Aim of the exercise
Each line below from the one containing "filename crates/syntax_expressions/src/levels.rt" through the one containing "let inner = below(levels, opens(&parser.tokens, OPEN_SQUARE))?;" should be output exactly as it stands, and no other line should appear.
##### Data for this exercise #####
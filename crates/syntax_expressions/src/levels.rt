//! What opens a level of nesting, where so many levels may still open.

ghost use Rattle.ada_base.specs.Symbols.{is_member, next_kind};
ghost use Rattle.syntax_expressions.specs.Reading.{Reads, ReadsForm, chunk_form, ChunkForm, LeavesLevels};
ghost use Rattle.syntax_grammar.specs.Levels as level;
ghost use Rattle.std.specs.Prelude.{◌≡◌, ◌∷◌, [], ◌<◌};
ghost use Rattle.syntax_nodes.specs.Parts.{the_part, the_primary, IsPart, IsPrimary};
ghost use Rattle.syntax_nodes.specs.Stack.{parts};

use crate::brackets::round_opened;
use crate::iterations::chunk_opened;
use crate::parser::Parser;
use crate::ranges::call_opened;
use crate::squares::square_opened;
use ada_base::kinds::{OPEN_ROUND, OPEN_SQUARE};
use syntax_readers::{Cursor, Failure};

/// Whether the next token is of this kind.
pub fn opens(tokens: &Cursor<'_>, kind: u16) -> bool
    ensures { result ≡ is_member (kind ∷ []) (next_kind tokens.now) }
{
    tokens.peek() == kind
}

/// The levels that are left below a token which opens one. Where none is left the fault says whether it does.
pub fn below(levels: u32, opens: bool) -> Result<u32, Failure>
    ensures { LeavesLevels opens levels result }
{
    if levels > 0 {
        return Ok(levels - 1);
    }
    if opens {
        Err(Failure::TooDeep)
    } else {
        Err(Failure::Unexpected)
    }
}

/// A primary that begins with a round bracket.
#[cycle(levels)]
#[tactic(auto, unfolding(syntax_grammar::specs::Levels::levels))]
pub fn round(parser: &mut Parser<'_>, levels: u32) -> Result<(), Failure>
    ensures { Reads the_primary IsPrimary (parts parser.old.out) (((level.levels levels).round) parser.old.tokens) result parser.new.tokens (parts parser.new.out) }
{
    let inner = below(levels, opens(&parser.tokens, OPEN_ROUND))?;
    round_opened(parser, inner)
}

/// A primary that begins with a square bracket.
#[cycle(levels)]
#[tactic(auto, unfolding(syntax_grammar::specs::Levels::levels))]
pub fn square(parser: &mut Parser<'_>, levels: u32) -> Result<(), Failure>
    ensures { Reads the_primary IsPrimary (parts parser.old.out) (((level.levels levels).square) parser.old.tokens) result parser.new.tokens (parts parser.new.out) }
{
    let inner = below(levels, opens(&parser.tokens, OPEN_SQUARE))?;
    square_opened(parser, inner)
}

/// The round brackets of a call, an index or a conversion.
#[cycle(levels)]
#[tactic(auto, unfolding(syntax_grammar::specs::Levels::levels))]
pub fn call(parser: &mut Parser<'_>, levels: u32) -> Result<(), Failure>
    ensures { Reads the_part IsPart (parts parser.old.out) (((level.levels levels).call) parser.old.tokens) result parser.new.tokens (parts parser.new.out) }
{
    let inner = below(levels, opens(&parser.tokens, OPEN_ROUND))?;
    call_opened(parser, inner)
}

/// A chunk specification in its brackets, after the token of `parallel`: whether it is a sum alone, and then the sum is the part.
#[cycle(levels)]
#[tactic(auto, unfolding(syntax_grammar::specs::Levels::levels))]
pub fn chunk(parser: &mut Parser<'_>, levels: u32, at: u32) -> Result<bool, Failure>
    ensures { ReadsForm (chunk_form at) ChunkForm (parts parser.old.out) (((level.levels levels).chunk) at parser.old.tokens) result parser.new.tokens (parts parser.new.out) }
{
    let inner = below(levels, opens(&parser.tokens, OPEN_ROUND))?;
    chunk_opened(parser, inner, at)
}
#####
##### Data for this exercise #####
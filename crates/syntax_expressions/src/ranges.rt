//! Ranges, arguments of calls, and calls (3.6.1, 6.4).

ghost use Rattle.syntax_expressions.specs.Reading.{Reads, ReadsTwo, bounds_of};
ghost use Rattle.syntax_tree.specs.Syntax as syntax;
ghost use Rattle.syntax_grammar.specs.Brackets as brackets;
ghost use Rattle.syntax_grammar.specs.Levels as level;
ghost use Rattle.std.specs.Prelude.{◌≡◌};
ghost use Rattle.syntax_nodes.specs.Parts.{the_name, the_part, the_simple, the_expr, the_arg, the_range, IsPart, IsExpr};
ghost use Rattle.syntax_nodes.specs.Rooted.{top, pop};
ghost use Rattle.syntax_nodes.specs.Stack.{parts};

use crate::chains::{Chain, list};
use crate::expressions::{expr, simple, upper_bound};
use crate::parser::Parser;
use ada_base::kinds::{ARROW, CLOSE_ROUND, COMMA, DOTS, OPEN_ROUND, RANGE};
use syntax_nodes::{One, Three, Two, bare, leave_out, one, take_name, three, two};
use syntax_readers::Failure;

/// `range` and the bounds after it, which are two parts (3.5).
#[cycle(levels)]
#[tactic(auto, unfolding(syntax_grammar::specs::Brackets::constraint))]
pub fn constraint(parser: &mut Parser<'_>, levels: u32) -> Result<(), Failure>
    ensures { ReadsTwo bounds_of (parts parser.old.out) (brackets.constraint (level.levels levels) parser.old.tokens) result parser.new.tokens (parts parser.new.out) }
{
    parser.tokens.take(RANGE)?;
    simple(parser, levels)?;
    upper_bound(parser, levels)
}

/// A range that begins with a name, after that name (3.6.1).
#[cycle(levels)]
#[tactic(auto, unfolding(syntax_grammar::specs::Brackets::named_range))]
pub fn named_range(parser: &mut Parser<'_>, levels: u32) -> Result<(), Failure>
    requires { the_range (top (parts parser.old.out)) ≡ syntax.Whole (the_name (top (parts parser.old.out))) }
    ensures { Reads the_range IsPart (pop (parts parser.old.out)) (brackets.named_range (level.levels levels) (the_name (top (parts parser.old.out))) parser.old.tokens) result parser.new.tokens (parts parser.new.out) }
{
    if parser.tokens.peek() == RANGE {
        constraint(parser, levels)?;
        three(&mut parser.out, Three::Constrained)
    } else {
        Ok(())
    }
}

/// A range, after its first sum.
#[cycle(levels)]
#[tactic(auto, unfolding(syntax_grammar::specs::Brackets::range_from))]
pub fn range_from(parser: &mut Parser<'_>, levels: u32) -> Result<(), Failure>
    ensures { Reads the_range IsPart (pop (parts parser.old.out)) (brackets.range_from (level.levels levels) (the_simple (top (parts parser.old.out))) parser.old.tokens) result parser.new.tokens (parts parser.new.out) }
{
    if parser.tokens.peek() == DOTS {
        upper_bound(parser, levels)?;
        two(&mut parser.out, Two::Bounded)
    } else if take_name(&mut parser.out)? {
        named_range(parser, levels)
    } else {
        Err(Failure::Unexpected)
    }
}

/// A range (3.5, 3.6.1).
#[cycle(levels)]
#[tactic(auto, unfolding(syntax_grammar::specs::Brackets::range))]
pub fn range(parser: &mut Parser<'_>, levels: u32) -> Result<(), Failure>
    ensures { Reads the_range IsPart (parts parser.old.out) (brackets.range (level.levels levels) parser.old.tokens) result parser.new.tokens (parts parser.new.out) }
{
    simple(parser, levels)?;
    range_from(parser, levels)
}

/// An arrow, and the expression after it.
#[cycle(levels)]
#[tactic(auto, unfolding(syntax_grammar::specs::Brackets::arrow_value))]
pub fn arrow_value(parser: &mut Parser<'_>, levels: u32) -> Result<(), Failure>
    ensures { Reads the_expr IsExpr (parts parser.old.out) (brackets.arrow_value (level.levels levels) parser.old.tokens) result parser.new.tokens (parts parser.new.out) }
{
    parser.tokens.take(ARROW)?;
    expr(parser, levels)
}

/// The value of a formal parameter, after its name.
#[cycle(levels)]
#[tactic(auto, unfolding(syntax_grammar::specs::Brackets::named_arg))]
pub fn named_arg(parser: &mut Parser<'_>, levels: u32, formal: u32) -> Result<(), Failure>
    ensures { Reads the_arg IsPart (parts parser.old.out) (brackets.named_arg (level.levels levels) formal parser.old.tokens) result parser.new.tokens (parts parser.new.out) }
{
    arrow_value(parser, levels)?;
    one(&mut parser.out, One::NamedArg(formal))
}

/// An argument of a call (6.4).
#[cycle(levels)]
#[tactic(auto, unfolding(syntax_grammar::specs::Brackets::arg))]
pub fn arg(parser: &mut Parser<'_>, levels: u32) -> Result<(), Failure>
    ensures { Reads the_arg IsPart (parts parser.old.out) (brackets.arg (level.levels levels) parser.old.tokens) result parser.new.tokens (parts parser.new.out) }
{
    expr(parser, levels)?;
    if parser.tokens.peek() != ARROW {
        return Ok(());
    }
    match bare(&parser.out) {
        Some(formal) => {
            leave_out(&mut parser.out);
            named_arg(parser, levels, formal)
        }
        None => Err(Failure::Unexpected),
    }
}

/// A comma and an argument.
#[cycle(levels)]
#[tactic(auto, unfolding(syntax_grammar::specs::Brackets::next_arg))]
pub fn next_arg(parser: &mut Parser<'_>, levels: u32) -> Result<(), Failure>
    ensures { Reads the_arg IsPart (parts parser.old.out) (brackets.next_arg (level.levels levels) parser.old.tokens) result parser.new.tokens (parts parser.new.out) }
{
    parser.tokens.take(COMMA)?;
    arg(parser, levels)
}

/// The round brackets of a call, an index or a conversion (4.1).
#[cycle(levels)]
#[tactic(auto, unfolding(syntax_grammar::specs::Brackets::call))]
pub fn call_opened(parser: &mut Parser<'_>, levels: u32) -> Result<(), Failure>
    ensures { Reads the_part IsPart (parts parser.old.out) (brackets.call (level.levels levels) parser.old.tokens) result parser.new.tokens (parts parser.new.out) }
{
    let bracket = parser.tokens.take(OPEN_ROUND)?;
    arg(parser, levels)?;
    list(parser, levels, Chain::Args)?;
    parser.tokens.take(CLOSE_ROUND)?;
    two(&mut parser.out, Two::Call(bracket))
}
#####
Written solution
filename crates/syntax_expressions/src/levels.rt
//! What opens a level of nesting, where so many levels may still open.

ghost use Rattle.ada_base.specs.Symbols.{is_member, next_kind};
ghost use Rattle.syntax_expressions.specs.Reading.{Reads, ReadsForm, chunk_form, ChunkForm, LeavesLevels};
ghost use Rattle.syntax_grammar.specs.Levels as level;
ghost use Rattle.std.specs.Prelude.{◌≡◌, ◌∷◌, [], ◌<◌};
ghost use Rattle.syntax_nodes.specs.Parts.{the_part, the_primary, IsPart, IsPrimary};
ghost use Rattle.syntax_nodes.specs.Stack.{parts};

use crate::brackets::round_opened;
use crate::iterations::chunk_opened;
use crate::parser::Parser;
use crate::ranges::call_opened;
use crate::squares::square_opened;
use ada_base::kinds::{OPEN_ROUND, OPEN_SQUARE};
use syntax_readers::{Cursor, Failure};

/// Whether the next token is of this kind.
pub fn opens(tokens: &Cursor<'_>, kind: u16) -> bool
    ensures { result ≡ is_member (kind ∷ []) (next_kind tokens.now) }
{
    tokens.peek() == kind
}

/// The levels that are left below a token which opens one. Where none is left the fault says whether it does.
pub fn below(levels: u32, opens: bool) -> Result<u32, Failure>
    ensures { LeavesLevels opens levels result }
{
    if levels > 0 {
        return Ok(levels - 1);
    }
    if opens {
        Err(Failure::TooDeep)
    } else {
        Err(Failure::Unexpected)
    }
}

/// A primary that begins with a round bracket.
#[cycle(levels)]
#[tactic(auto, unfolding(syntax_grammar::specs::Levels::levels))]
pub fn round(parser: &mut Parser<'_>, levels: u32) -> Result<(), Failure>
    ensures { Reads the_primary IsPrimary (parts parser.old.out) (((level.levels levels).round) parser.old.tokens) result parser.new.tokens (parts parser.new.out) }
{
    let inner = below(levels, opens(&parser.tokens, OPEN_ROUND))?;
    round_opened(parser, inner)
}

/// A primary that begins with a square bracket.
#[cycle(levels)]
#[tactic(auto, unfolding(syntax_grammar::specs::Levels::levels))]
pub fn square(parser: &mut Parser<'_>, levels: u32) -> Result<(), Failure>
    ensures { Reads the_primary IsPrimary (parts parser.old.out) (((level.levels levels).square) parser.old.tokens) result parser.new.tokens (parts parser.new.out) }
{
    let inner = below(levels, opens(&parser.tokens, OPEN_SQUARE))?;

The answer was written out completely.